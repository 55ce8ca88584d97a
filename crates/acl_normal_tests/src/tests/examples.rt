//! The examples of the doc comments. The lines of each example are in one of these tests, in their order. The expected
//! values are worked by hand: what a list grants from RFC 8881, section 6.2.1, and the normal form, its table and the
//! five forms from docs/reference/lists.md and docs/proofs/proofs.md.

use acl_eval::decided;
use acl_nfs4::{AclView, parse_text};
use acl_normal::*;
use acl_perm::{Kind, Mask};
use std::test::Fail;

mod ample {
    use super::*;

    #[test]
    fn a_needed_deny_is_in_the_normal_form_and_in_the_table(rt: HostRuntime) -> Result<(), Fail> {
        let alloc = rt.alloc();
        let list = parse_text(
            alloc,
            b"DENY - WRITE_DATA bob\nALLOW - READ_DATA|WRITE_DATA OWNER@\n",
        )?;
        let form = normalize(alloc, &list)?;
        assert!(rt; form.len() == 3);
        assert!(rt; is_normal(alloc, &form)?);
        let rows = table(alloc, &list, Mask::WRITE_DATA)?;
        assert!(rt; rows.len() == 2);
        assert!(rt;
            rows.first()
                .is_some_and(|row| row.kind == Kind::Deny && row.source == 0)
        );
        Ok(())
    }

    #[test]
    fn a_repeated_ace_is_written_once_and_has_one_row(rt: HostRuntime) -> Result<(), Fail> {
        let alloc = rt.alloc();
        let list = parse_text(alloc, b"ALLOW - READ_DATA amy\nALLOW - READ_DATA amy\n")?;
        let bytes = list.to_bytes(alloc)?;
        let form = normal_bytes(alloc, &bytes)?;
        assert!(rt; AclView::parse_whole(&form)?.len() == 1);
        let rows = borrowed_rows(alloc, &AclView::parse_whole(&bytes)?, Mask::READ_DATA)?;
        assert!(rt; rows.len() == 1);
        assert!(rt; rows.first().is_some_and(|row| row.who == b"amy".as_slice()));
        Ok(())
    }

    #[test]
    fn a_deny_of_bob_decides_the_difference_of_two_lists(rt: HostRuntime) -> Result<(), Fail> {
        let alloc = rt.alloc();
        let first = parse_text(alloc, b"ALLOW - READ_DATA EVERYONE@")?;
        let second = parse_text(
            alloc,
            b"DENY - READ_DATA bob\nALLOW - READ_DATA EVERYONE@\n",
        )?;
        let difference = compare(alloc, &first, &second)?.ok_or("the lists grant the same")?;
        let names = difference.requester_names();
        let (object, requester) = (difference.object(), names.requester());
        let rights = decided(
            second.aces(),
            &object,
            &requester,
            Mask::from(difference.right()),
        );
        assert!(rt; rights.denied == Mask::READ_DATA);
        Ok(())
    }

    #[test]
    fn an_ace_for_files_is_in_the_normal_forms_of_both_files(rt: HostRuntime) -> Result<(), Fail> {
        let alloc = rt.alloc();
        let list = parse_text(alloc, b"ALLOW FILE READ_DATA amy")?;
        let forms = normalize_inherit(alloc, &list)?;
        assert!(rt; forms.file.len() == 1);
        assert!(rt; forms.directory.is_empty());
        assert!(rt; forms.file_in_directory == forms.file);
        Ok(())
    }
}
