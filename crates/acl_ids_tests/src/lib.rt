//! The tests of `acl_ids`, over its public items.
#![tactic(auto)]

#[cfg(test)]
mod tests;
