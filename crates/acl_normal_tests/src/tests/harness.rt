//! What the tests of this crate share: rights, flags, some lists that several tests use, and numbers that look random.
//! `NO_WRITE_FORM` is the normal form of `NO_WRITE`, worked by hand from docs/reference/lists.md ("The normal form").

use acl_lists_for_tests::{ALLOW, AceRow, DENY};

pub const READ_DATA: u32 = 1;

pub const WRITE_DATA: u32 = 2;

pub const EXECUTE: u32 = 0x20;

pub const FILE_INHERIT: u32 = 0x01;

pub const INHERIT_ONLY: u32 = 0x08;

pub const GROUP: u32 = 0x40;

/// Amy may read.
pub const AMY: AceRow = (ALLOW, 0, READ_DATA, b"amy");

/// All may read.
pub const EVERYONE: AceRow = (ALLOW, 0, READ_DATA, b"EVERYONE@");

/// The group staff may not read.
pub const NO_STAFF: AceRow = (DENY, GROUP, READ_DATA, b"staff");

/// The owner may read.
pub const OWNER: AceRow = (ALLOW, 0, READ_DATA, b"OWNER@");

/// Bob may not write, and the owner may read and write.
pub const NO_WRITE: [AceRow; 2] = [
    (DENY, 0, WRITE_DATA, b"bob"),
    (ALLOW, 0, READ_DATA | WRITE_DATA, b"OWNER@"),
];

/// The owner may read, bob may not write, and the owner may write.
pub const NO_WRITE_FORM: [AceRow; 3] = [
    OWNER,
    (DENY, 0, WRITE_DATA, b"bob"),
    (ALLOW, 0, WRITE_DATA, b"OWNER@"),
];

/// Amy may read and execute, staff may not read, and all may execute.
pub const STAFF: [AceRow; 3] = [
    NO_STAFF,
    (ALLOW, 0, READ_DATA | EXECUTE, b"amy"),
    (ALLOW, 0, EXECUTE, b"EVERYONE@"),
];

/// An ACE for new files, and one for the object.
pub const FOR_FILES: [AceRow; 2] = [(ALLOW, FILE_INHERIT | INHERIT_ONLY, READ_DATA, b"amy"), AMY];

/// Numbers that look random.
#[derive(Drop)]
pub struct Dice {
    pub state: u32,
}

impl Dice {
    /// Returns the next number, below a bound.
    pub fn below(&mut self, bound: u32) -> u32 {
        self.state = self
            .state
            .wrapping_mul(1_664_525)
            .wrapping_add(1_013_904_223);
        (self.state >> 8).checked_rem(bound).unwrap_or(0)
    }
}
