//! The result of an engine.
ghost use Rattle.std.specs.Prelude.{◌≡◌};
ghost use Rattle.acl_nfs4.specs.Spelling.{spelling};
ghost use Rattle.aclck.specs.Answer.{origin_of, decision_line, is_yes, run_fault_of};
ghost use Rattle.aclck.specs.internal.Writing.{WritesText};

use acl_nfs4::{AceTextFault, Acl, Fault, InputFault, WriteFault};
use acl_perm::{Sink, put_all};
use acl_posix::TextFault;
use std::alloc::AllocError;
use thiserror::Error;

/// The outcome of a command that ran to its end. Its exit status is 0 for Yes and 1 for No.
#[derive(Clone, Copy, Debug, PartialEq, Eq)]
pub enum Outcome {
    /// The answer is `granted` or `same`, or the command decides nothing and its whole output was written.
    Yes,
    /// The answer is denied or different.
    No,
}

impl Outcome {
    /// Returns Yes for something that is granted, and No for something that is not.
    pub(crate) fn of(is_granted: bool) -> Outcome
        ensures { is_yes result ≡ is_granted }
    {
        if is_granted {
            Outcome::Yes
        } else {
            Outcome::No
        }
    }
}

/// Why a command did not run to its end.
#[derive(Clone, Copy, Debug, PartialEq, Eq, Error)]
pub enum RunFault {
    /// The input is not an accepted NFSv4 list.
    #[error("{0}")]
    Nfs(Fault),
    /// The input is not the text of an accepted NFSv4 list.
    #[error("{0}")]
    NfsText(AceTextFault),
    /// The input is not the text of a POSIX ACL.
    #[error("{0}")]
    Posix(TextFault),
    /// The list that would be written is above a limit.
    #[error("Limits")]
    Limits,
    #[error("read failed")]
    Read,
    #[error("write failed")]
    Write(WriteFault),
    #[error("out of memory")]
    Memory,
}

impl From<InputFault> for RunFault {
    ghost from_gives = { λ fault run. run ≡ run_fault_of fault };

    fn from(fault: InputFault) -> RunFault {
        match fault {
            InputFault::Read => RunFault::Read,
            InputFault::Memory => RunFault::Memory,
        }
    }
}

impl From<WriteFault> for RunFault {
    ghost use Rattle.aclck.specs.declared.answer.RunFault.TheVariants.{Write};

    ghost from_gives = { λ fault run. run ≡ Write fault };

    fn from(fault: WriteFault) -> RunFault {
        RunFault::Write(fault)
    }
}

/// Where a fault comes from.
#[derive(Clone, Copy)]
pub enum Origin {
    /// The input is refused.
    Input,
    /// The source failed.
    Source,
    /// The sink failed, with this fault.
    Sink(WriteFault),
    /// Memory ran out.
    Memory,
}

impl RunFault {
    /// Returns where the fault comes from. The exit status follows from this.
    pub(crate) fn origin(self) -> Origin
        ensures { result ≡ origin_of self }
    {
        match self {
            RunFault::Nfs(_) | RunFault::NfsText(_) | RunFault::Posix(_) | RunFault::Limits =>
                Origin::Input,
            RunFault::Read => Origin::Source,
            RunFault::Write(fault) => Origin::Sink(fault),
            RunFault::Memory => Origin::Memory,
        }
    }
}

impl From<AllocError> for RunFault {
    ghost use Rattle.aclck.specs.declared.answer.RunFault.TheVariants.{Memory};

    ghost from_gives = { λ _ run. run ≡ Memory };

    fn from(_: AllocError) -> RunFault {
        RunFault::Memory
    }
}

/// Returns `granted` or `denied`, with a line feed.
pub(crate) fn decision_line(outcome: Outcome) -> &'static [u8]
    ensures { result.now ≡ decision_line outcome }
{
    match outcome {
        Outcome::Yes => b"granted\n",
        Outcome::No => b"denied\n",
    }
}

/// Writes the whole text of an answer, and returns the outcome. Fails if the sink fails.
pub(crate) fn write_answer<K: Sink>(
    sink: &mut K,
    outcome: Outcome,
    text: &[u8],
) -> Result<Outcome, RunFault>
    ensures { WritesText outcome text.now K.contents K.failure_count sink.old sink.new result }
{
    put_all(sink, text)?;
    Ok(outcome)
}

/// Writes the bytes that spell a list, and returns Yes. Fails if the sink fails.
pub(crate) fn write_list_answer<K: Sink>(sink: &mut K, list: &Acl) -> Result<Outcome, RunFault>
    ensures { WritesText Outcome.Yes (spelling list.now)
        K.contents K.failure_count sink.old sink.new result }
{
    list.encode(sink)?;
    Ok(Outcome::Yes)
}
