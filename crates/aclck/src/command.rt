//! The program over a source and sinks.
ghost use Rattle.std.specs.Prelude.{◌≡◌, IfOk, Err, Some, false};
ghost use Rattle.aclck.specs.Line.{rows_in, texts, words_of};
ghost use Rattle.aclck.specs.Task.{is_command, task_held, task_in, task_of};
ghost use Rattle.aclck.specs.Command.{RunsWords};
ghost use Rattle.aclck.specs.internal.Performing.{RunsTask, command_fault_of, status_of};

use crate::answer::{Origin, Outcome, RunFault};
use crate::line::{LineFault, other_words};
use crate::task::{Name, Task};
use acl_perm::{Sink, Source, put_all};
use clap::ArgMatches;
use std::alloc::{AllocError, Global};
use std::io::Write;
use thiserror::Error;

/// Why a command line was not carried out.
#[derive(Clone, Copy, Debug, PartialEq, Eq, Error)]
pub enum CommandFault {
    /// The first word names no command, the command does not take the words, or a value is bad.
    #[error("usage")]
    Usage,
    /// The command did not run to its end, or memory ran out for its words.
    #[error("{0}")]
    Run(RunFault),
}

impl From<LineFault> for CommandFault {
    ghost from_gives = { λ fault command. command ≡ command_fault_of fault };

    fn from(fault: LineFault) -> CommandFault {
        match fault {
            LineFault::Usage => CommandFault::Usage,
            LineFault::Memory => CommandFault::Run(RunFault::Memory),
        }
    }
}

impl From<RunFault> for CommandFault {
    ghost use Rattle.aclck.specs.declared.command.CommandFault.TheVariants.{Run};

    ghost from_gives = { λ fault command. command ≡ Run fault };

    fn from(fault: RunFault) -> CommandFault {
        CommandFault::Run(fault)
    }
}

impl From<AllocError> for CommandFault {
    ghost use Rattle.aclck.specs.declared.answer.RunFault.TheVariants.{Memory};
    ghost use Rattle.aclck.specs.declared.command.CommandFault.TheVariants.{Run};

    ghost from_gives = { λ _ command. command ≡ Run Memory };

    fn from(_: AllocError) -> CommandFault {
        CommandFault::Run(RunFault::Memory)
    }
}

/// Runs the command that the words name, which come without the program's name, and returns the exit status: 0 done,
/// granted or the same, 1 denied or different, 2 the input is refused, 3 usage, 4 a device or memory. From 2 on, one
/// line on `err` says why; a fault of `err` changes nothing.
pub fn command<S: Source, K: Sink, E: Sink>(
    alloc: Global,
    words: &[&str],
    source: &mut S,
    out: &mut K,
    err: &mut E,
) -> u8
    ensures { RunsWords (texts words.entry.now)
        S.remaining S.failure_count source.old source.new
        K.contents K.failure_count out.old out.new err.old err.new result }
{
    match perform(alloc, words, source, out) {
        Ok(Outcome::Yes) => 0,
        Ok(Outcome::No) => 1,
        Err(fault) => fail(err, fault),
    }
}

/// Returns the exit status of a fault, 3 for usage, 2 for a refused input, and 4 for a device or memory, and writes one
/// line on `err` that says why.
pub(crate) fn fail<E: Sink>(err: &mut E, fault: CommandFault) -> u8
    ensures { result ≡ status_of fault }
{
    report(err, fault);
    match fault {
        CommandFault::Usage => 3,
        CommandFault::Run(fault) => match fault.origin() {
            Origin::Input => 2,
            Origin::Source | Origin::Sink(_) | Origin::Memory => 4,
        },
    }
}

// Runs the command that the words name.
#[tactic(auto, unfolding(crate::specs::Task::task_named))]
fn perform<'a, S: Source, K: Sink>(
    alloc: Global,
    words: &'a [&'a str],
    source: &mut S,
    out: &mut K,
) -> Result<Outcome, CommandFault>
    ensures runs { RunsTask (task_of (texts words.entry.now))
        S.remaining S.failure_count source.old source.new
        K.contents K.failure_count out.old out.new result }
    ensures unnamed { is_command (texts words.entry.now) ≡ false
        → result ≡ Err CommandFault.Usage }
{
    let named = words.first().and_then(|word| Name::of(word));
    let name = named.ok_or(CommandFault::Usage)?;
    let matches = name.matches(alloc, words)?;
    perform_named(alloc, name, &matches, source, out)
}

// Reads all values of a command before it runs the command, so that no input is read if one of them is bad.
fn perform_named<S: Source, K: Sink>(
    alloc: Global,
    name: Name,
    matches: &ArgMatches<'_>,
    source: &mut S,
    out: &mut K,
) -> Result<Outcome, CommandFault>
    ensures { RunsTask
        (task_in name (rows_in matches.now) (words_of (rows_in matches.now)))
        S.remaining S.failure_count source.old source.new
        K.contents K.failure_count out.old out.new result }
{
    let words = words_in(alloc, matches)?;
    let task = Task::read(alloc, name, matches, &words)?;
    Ok(task.run(alloc, source, out)?)
}

// Returns the words outside options, as bytes, in their order.
fn words_in<'a>(alloc: Global, matches: &ArgMatches<'a>) -> Result<Vec<&'a [u8]>, AllocError>
    ensures { IfOk result (λ v. texts v.items ≡ words_of (rows_in matches.now)) }
{
    let words = other_words(matches).unwrap_or(&[]);
    let mut all = Vec::new(alloc);
    for word in words {
        all.push(word.as_bytes())?;
    }
    Ok(all)
}

// The longest line about a fault has fewer bytes.
const LINE_ROOM: usize = 80;

// Writes one line about the fault, made without memory. A fault of `err` changes nothing.
fn report<E: Sink>(err: &mut E, fault: CommandFault) {
    let mut buffer = [0u8; LINE_ROOM];
    let mut room = buffer.as_mut_slice();
    let _ = writeln!(room, "aclck: {fault}");
    let left = room.len();
    let _ = put_all(err, &buffer[..LINE_ROOM.saturating_sub(left)]);
}
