//! Which of the principals that a list and its bound mention each ACE names.
ghost use Rattle.std.specs.Prelude.{◌≡◌};
ghost use Rattle.acl_normal.specs.Common.{IfOk, ace, aces_in};
ghost use Rattle.acl_contain.specs.internal.Limits.{IsNaming, bound_of, denial, denials};

use super::named::Named;
use acl_nfs4::AceRef;
use acl_normal::internal::{Column, mentioned};
use acl_perm::{Mask, Principal};
use std::alloc::{AllocError, Global};

impl<'a> Named<'a> {
    pub(crate) fn of(
        alloc: Global,
        aces: &[AceRef<'a>],
        others: &[AceRef<'a>],
    ) -> Result<Named<'a>, AllocError>
        ensures named { IfOk result (IsNaming (aces_in aces.now)) }
        ensures bound { IfOk result (λ named. bound_of named ≡ aces_in others.now) }
    {
        let mentions = mentioned(alloc, aces, others)?;
        let (first, second) = mentions.whoms.as_slice().split_at(aces.len());
        let list = Column {
            aces: denials(alloc, aces)?,
            whoms: copied(alloc, first)?,
        };
        let bound = Column {
            aces: copied(alloc, others)?,
            whoms: copied(alloc, second)?,
        };
        let mut whole = mentions.principals;
        whole.push(Principal::Everyone)?;
        Ok(Named { whole, list, bound })
    }
}

fn copied<X: Copy>(alloc: Global, items: &[X]) -> Result<Vec<X>, AllocError>
    ensures { IfOk result (λ copy. copy.items ≡ items.now) }
{
    let mut copy = Vec::with_capacity(alloc, items.len())?;
    copy.extend_from_slice(items)?;
    Ok(copy)
}

// The ACEs of a list, but that the ALLOWs have no rights.
fn denials<'a>(alloc: Global, aces: &[AceRef<'a>]) -> Result<Vec<AceRef<'a>>, AllocError>
    ensures { IfOk result (λ found. aces_in found.items ≡ denials (aces_in aces.now)) }
{
    let mut found = Vec::with_capacity(alloc, aces.len())?;
    for item in aces {
        found.push(denial(*item))?;
    }
    Ok(found)
}

// The ACE, without rights if it is an ALLOW.
fn denial<'a>(item: AceRef<'a>) -> AceRef<'a>
    ensures { ace result ≡ denial (ace item.entry) }
{
    if item.kind.is_allow() {
        AceRef {
            mask: Mask::NONE,
            ..item
        }
    } else {
        item
    }
}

····················

* [WHAT THE EXERCISE ASKS]: Each line that holds the string "texts" counts once. Give the total for the listing and nothing else.

* [TASK RESULT]: 5